Niantic has assigned representatives from international law firm Baker & McKenzie (Thailand) to hold preliminary talks with the regulator.
“They’re not ignoring us and are ready to cooperate with the regulator’s request,” NBTC secretary-general Takorn Tantasith said in reference to Niantic’s statement.
The NBTC sent an electronic letter to Niantic on Aug 11, asking the US-based firm to set four “no-go zones” for players in Thailand in order to keep them out of restricted or dangerous areas.
The four areas encompass state property, temples, private land and dangerous areas such as roads, waterways and railways.
Mr Takorn said the NBTC has appointed deputy secretary-general Korkij Danchaivichit to lead discussions with Baker & McKenzie.
“The discussions are expected to be held next week,” he said.
Pokemon Go has brought out the masses in search of virtual creatures, sometimes incurring the wrath of property owners and temple caretakers.
A social committee of Thailand’s National Legislative Assembly earlier said that Pokemon Go should be banned at sensitive sites, including Government House, the parliament and police headquarters.

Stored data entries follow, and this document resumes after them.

//! How a thread closes the gate until it is alone, and opens it again.
//!
//! The closer takes the closing word by compare and exchange, so there is one closer at a time. Then it sees the flag of every other number
//! clear once, the main thread's among them. A number that it saw clear cannot go inside any more: it would look at the closing word
//! afterwards, and find it set. So once each was seen, nobody else is inside, until the closer opens the gate.
ghost use Rattle.std.specs.Prelude.{◌≡◌, ◌+◌, ◌≤◌, [], ◌∷◌};
ghost use Rattle.st_gate.specs.Exclusion.{ExcludesOthers};
ghost use Rattle.st_gate.specs.Later.{IsLater};
ghost use Rattle.st_gate.specs.Others.{HasSeen, others_below};
ghost use Rattle.st_gate.specs.Phases.{IsAlone, IsOutside, IsClosing};
ghost use Rattle.st_rule.specs.Seats.{IsSeatOf, IsFair, sizes_of, told_of};

use crate::kinds::Alone;
use st_events::Judge;
use st_rule::{MutSeat, Shared};
use std::sync::Wait;
use std::thread;

/// Opens the gate.
pub fn open_gate<J: Judge>(shared: &Shared<J>, alone: Alone<J>) -> MutSeat<J>
    requires table { IsSeatOf J.meant shared.now alone.seat }
    ensures phase { IsOutside result }
    ensures later { IsLater alone.seat result }
    ensures fair { IsFair result }
{
    let Alone { mut seat } = alone;
    shared.give_gate(&mut seat);
    seat
}

/// Closes the gate. Waits until no other thread closes it, and then until every other number was seen outside once.
pub fn close_gate<J: Judge, R: Wait>(rt: &R, shared: &Shared<J>, seat: MutSeat<J>) -> Alone<J>
    requires table { IsSeatOf J.meant shared.now seat }
    requires phase { IsOutside seat }
    ensures later { IsLater seat result.seat }
    ensures fair { IsFair result.seat }
    ensures alone { ExcludesOthers (told_of J.meant J.right shared.now) result.seat }
{
    let mut closer = seat;
    take(rt, shared, &mut closer);
    see_others(rt, shared, &mut closer);
    Alone { seat: closer }
}

/// Takes the closing word.
fn take<J: Judge, R: Wait>(rt: &R, shared: &Shared<J>, seat: &mut MutSeat<J>)
    requires table { IsSeatOf J.meant shared.now seat.old }
    requires phase { IsOutside seat.old }
    ensures later { IsLater seat.old seat.new }
    ensures fair { IsFair seat.new }
    ensures none { HasSeen seat.new [] }
{
    for _ in rt.forever() {
        if shared.take_gate(seat) {
            return;
        }
        thread::yield_now();
    }
}

/// Sees the flag of every other number clear, one after another.
fn see_others<J: Judge, R: Wait>(rt: &R, shared: &Shared<J>, seat: &mut MutSeat<J>)
    requires table { IsSeatOf J.meant shared.now seat.old }
    requires none { HasSeen seat.old [] }
    requires fair { IsFair seat.old }
    ensures later { IsLater seat.old seat.new }
    ensures fair { IsFair seat.new }
    ensures alone { IsAlone seat.new }
{
    for k in 0..numbers(shared) {
        see_number(rt, shared, seat, k);
    }
}

/// How many numbers there are: the mutators', and the main thread's.
fn numbers<J: Judge>(shared: &Shared<J>) -> u8
    ensures { result ≡ (sizes_of shared.now).mutators + 1 }
{
    shared.sizes().mutators + 1
}

/// Sees the flag of number `k` clear, unless it is the closer's own.
fn see_number<J: Judge, R: Wait>(rt: &R, shared: &Shared<J>, seat: &mut MutSeat<J>, k: u8)
    requires table { IsSeatOf J.meant shared.now seat.old }
    requires within { k ≤ seat.old.view.terms.sizes.mutators }
    requires seen { HasSeen seat.old (others_below k seat.old.view.gate.number) }
    requires fair { IsFair seat.old }
    ensures later { IsLater seat.old seat.new }
    ensures fair { IsFair seat.new }
    ensures seen { HasSeen seat.new (others_below (k + 1) seat.new.view.gate.number) }
{
    if k != seat.number() {
        see_clear(rt, shared, seat, k);
    }
}

/// Sees the flag of number `k` clear.
fn see_clear<J: Judge, R: Wait>(rt: &R, shared: &Shared<J>, seat: &mut MutSeat<J>, k: u8)
    requires table { IsSeatOf J.meant shared.now seat.old }
    requires within { k ≤ seat.old.view.terms.sizes.mutators }
    requires closing { IsClosing seat.old }
    requires fair { IsFair seat.old }
    ensures later { IsLater seat.old seat.new }
    ensures fair { IsFair seat.new }
    ensures seen { HasSeen seat.new (k ∷ seat.old.view.gate.clear) }
{
    for _ in rt.forever() {
        if shared.see(seat, k) {
            return;
        }
        thread::yield_now();
    }
}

They further proposed it should be promoted at tourist destinations.
The NBTC has ordered that all mobile operators provide Pokemon Go players with guidelines.
The regulator also wants operators to set up parental controls on augmented reality games, including an automated alert system to let parents know when their kids are playing so as to avoid high mobile bills.
Police are also arresting motorists and pedestrians who play Pokemon Go on 10 major roads in Bangkok, allegedly to reduce accidents caused by the game.
Players can also face fines of up to B1,000 for engaging in risky behaviour.